§ **Required action**
Write only the number of lines in the data that include the word "same".

§ **Input data**

*** Block opens ***

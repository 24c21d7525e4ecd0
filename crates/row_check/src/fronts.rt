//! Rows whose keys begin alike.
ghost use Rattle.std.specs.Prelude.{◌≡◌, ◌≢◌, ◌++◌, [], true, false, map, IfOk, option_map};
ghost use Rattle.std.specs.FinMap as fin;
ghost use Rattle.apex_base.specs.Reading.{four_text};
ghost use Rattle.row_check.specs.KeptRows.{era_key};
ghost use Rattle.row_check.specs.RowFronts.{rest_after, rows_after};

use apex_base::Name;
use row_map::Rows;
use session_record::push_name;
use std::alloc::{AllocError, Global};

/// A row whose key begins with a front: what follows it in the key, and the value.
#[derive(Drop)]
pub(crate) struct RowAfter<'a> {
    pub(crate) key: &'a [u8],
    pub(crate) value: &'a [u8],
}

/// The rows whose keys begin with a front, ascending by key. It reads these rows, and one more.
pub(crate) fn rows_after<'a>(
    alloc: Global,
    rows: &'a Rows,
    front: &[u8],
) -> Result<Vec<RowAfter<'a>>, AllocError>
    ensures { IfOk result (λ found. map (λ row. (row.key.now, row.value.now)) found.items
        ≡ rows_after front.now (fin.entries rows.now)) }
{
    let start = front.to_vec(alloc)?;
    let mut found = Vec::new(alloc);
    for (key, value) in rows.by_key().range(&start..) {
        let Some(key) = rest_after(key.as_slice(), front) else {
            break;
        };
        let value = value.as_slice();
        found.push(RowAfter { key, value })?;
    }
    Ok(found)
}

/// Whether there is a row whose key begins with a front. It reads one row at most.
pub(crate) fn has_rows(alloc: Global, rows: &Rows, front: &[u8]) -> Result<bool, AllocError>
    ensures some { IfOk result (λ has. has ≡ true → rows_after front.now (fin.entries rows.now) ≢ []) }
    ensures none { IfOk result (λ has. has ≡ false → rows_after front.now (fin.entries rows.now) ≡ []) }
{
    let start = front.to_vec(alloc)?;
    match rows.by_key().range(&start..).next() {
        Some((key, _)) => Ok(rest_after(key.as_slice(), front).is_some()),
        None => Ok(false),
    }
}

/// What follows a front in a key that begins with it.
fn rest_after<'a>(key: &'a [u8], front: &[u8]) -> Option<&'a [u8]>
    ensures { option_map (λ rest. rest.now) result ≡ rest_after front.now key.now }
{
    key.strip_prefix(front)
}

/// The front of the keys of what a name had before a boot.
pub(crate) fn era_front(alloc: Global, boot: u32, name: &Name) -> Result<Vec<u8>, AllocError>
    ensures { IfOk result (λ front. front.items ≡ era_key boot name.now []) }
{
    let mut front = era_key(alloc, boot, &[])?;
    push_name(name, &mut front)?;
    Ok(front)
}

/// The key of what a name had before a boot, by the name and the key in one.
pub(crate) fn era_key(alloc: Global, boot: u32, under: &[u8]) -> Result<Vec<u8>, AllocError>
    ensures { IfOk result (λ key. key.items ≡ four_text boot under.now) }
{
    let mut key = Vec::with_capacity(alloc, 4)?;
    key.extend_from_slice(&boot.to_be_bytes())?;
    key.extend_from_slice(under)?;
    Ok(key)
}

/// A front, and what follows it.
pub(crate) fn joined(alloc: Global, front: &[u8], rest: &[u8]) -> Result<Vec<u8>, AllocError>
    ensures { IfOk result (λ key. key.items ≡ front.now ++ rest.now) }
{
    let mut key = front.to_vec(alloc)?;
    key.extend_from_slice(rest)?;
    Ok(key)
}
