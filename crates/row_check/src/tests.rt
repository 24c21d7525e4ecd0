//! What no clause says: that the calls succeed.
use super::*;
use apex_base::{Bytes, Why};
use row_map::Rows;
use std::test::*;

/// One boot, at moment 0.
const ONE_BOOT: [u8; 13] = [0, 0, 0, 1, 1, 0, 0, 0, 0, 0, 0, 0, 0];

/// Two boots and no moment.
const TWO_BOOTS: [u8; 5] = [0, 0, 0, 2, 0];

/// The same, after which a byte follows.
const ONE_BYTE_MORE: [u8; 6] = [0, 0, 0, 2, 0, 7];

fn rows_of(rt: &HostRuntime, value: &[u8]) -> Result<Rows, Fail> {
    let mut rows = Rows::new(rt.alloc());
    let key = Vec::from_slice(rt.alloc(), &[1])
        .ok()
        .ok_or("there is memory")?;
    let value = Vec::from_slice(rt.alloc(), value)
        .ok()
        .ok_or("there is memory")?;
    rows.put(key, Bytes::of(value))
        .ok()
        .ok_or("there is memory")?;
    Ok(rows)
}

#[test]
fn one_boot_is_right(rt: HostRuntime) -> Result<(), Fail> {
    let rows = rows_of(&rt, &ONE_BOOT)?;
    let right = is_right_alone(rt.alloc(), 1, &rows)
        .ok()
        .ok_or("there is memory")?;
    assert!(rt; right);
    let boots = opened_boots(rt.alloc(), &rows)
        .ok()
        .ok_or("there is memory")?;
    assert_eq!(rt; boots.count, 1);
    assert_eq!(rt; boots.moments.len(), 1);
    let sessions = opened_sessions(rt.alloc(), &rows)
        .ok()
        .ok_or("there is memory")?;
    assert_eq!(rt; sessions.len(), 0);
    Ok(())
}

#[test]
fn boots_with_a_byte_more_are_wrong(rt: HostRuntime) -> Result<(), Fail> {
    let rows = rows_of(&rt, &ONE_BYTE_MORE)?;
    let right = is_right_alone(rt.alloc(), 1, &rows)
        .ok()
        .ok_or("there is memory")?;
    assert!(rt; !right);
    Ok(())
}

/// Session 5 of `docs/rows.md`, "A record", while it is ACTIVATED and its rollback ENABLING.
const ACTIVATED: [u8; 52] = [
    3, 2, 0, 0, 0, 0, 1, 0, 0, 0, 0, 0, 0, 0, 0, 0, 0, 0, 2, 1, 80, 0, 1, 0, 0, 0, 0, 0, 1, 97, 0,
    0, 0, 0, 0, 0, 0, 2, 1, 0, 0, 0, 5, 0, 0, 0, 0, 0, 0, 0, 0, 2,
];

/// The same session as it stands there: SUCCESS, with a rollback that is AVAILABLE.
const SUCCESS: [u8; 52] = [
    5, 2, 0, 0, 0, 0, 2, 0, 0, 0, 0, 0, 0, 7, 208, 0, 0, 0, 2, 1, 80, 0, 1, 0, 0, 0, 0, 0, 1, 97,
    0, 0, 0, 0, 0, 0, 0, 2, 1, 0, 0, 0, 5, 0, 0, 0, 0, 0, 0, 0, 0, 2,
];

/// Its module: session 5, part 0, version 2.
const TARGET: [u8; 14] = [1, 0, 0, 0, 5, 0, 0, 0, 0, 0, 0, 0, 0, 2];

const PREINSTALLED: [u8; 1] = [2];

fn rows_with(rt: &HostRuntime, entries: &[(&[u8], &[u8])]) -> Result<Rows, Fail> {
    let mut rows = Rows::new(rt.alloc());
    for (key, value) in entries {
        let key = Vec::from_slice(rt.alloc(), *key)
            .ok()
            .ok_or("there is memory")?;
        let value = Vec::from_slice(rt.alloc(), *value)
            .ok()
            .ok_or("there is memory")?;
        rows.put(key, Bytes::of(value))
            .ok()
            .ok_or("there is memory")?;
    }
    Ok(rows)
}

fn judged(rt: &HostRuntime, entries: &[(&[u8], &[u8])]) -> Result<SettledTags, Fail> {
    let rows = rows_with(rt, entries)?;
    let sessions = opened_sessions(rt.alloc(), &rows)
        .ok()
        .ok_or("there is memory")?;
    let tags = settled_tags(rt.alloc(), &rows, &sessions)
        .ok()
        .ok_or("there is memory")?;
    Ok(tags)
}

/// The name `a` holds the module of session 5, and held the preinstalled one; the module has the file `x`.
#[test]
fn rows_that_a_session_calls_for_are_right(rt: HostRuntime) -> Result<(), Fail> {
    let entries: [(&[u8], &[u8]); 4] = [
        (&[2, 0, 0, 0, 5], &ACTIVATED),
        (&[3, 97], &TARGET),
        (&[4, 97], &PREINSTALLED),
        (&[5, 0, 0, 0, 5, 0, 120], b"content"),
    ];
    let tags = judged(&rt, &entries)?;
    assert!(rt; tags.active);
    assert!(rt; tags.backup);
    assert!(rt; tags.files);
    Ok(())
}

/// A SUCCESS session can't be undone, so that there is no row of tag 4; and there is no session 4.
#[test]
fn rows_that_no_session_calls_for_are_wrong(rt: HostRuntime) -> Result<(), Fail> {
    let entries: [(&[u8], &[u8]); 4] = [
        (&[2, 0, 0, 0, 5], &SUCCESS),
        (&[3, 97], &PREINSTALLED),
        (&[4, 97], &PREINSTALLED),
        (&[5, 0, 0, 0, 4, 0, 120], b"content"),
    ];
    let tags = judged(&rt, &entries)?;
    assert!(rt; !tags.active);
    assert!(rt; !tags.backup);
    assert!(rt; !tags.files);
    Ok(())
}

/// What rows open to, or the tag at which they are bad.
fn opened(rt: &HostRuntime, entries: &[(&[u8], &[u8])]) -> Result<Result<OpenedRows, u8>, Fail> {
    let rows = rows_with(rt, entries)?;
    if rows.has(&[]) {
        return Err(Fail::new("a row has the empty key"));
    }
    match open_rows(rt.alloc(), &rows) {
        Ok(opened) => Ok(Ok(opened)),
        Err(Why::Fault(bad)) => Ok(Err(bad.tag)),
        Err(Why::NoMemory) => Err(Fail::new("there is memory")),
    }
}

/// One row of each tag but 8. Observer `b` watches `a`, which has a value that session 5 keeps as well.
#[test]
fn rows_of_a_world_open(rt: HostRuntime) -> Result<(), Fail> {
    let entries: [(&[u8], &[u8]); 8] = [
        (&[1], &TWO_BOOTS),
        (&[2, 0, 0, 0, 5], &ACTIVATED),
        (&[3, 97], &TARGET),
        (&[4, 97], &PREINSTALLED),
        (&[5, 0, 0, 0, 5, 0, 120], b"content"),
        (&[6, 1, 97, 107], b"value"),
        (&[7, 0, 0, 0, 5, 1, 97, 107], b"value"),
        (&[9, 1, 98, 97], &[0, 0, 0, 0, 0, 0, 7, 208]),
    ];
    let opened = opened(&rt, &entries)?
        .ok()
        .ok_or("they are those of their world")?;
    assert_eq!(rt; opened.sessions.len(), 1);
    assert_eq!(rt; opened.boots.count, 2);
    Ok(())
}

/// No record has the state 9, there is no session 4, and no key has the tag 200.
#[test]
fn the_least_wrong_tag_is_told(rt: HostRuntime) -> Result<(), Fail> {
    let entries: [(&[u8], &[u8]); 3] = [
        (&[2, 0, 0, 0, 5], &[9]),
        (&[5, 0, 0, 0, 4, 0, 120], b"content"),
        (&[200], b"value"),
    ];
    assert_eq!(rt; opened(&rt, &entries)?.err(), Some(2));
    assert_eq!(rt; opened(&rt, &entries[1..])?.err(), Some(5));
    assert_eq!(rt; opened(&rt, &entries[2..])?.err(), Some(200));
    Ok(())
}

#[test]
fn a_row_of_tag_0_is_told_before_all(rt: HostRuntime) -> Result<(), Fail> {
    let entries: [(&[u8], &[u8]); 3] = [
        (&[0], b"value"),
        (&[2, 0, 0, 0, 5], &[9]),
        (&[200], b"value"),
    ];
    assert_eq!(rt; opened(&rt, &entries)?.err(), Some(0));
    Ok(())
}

*** Block closes ***

§ **Task response**
2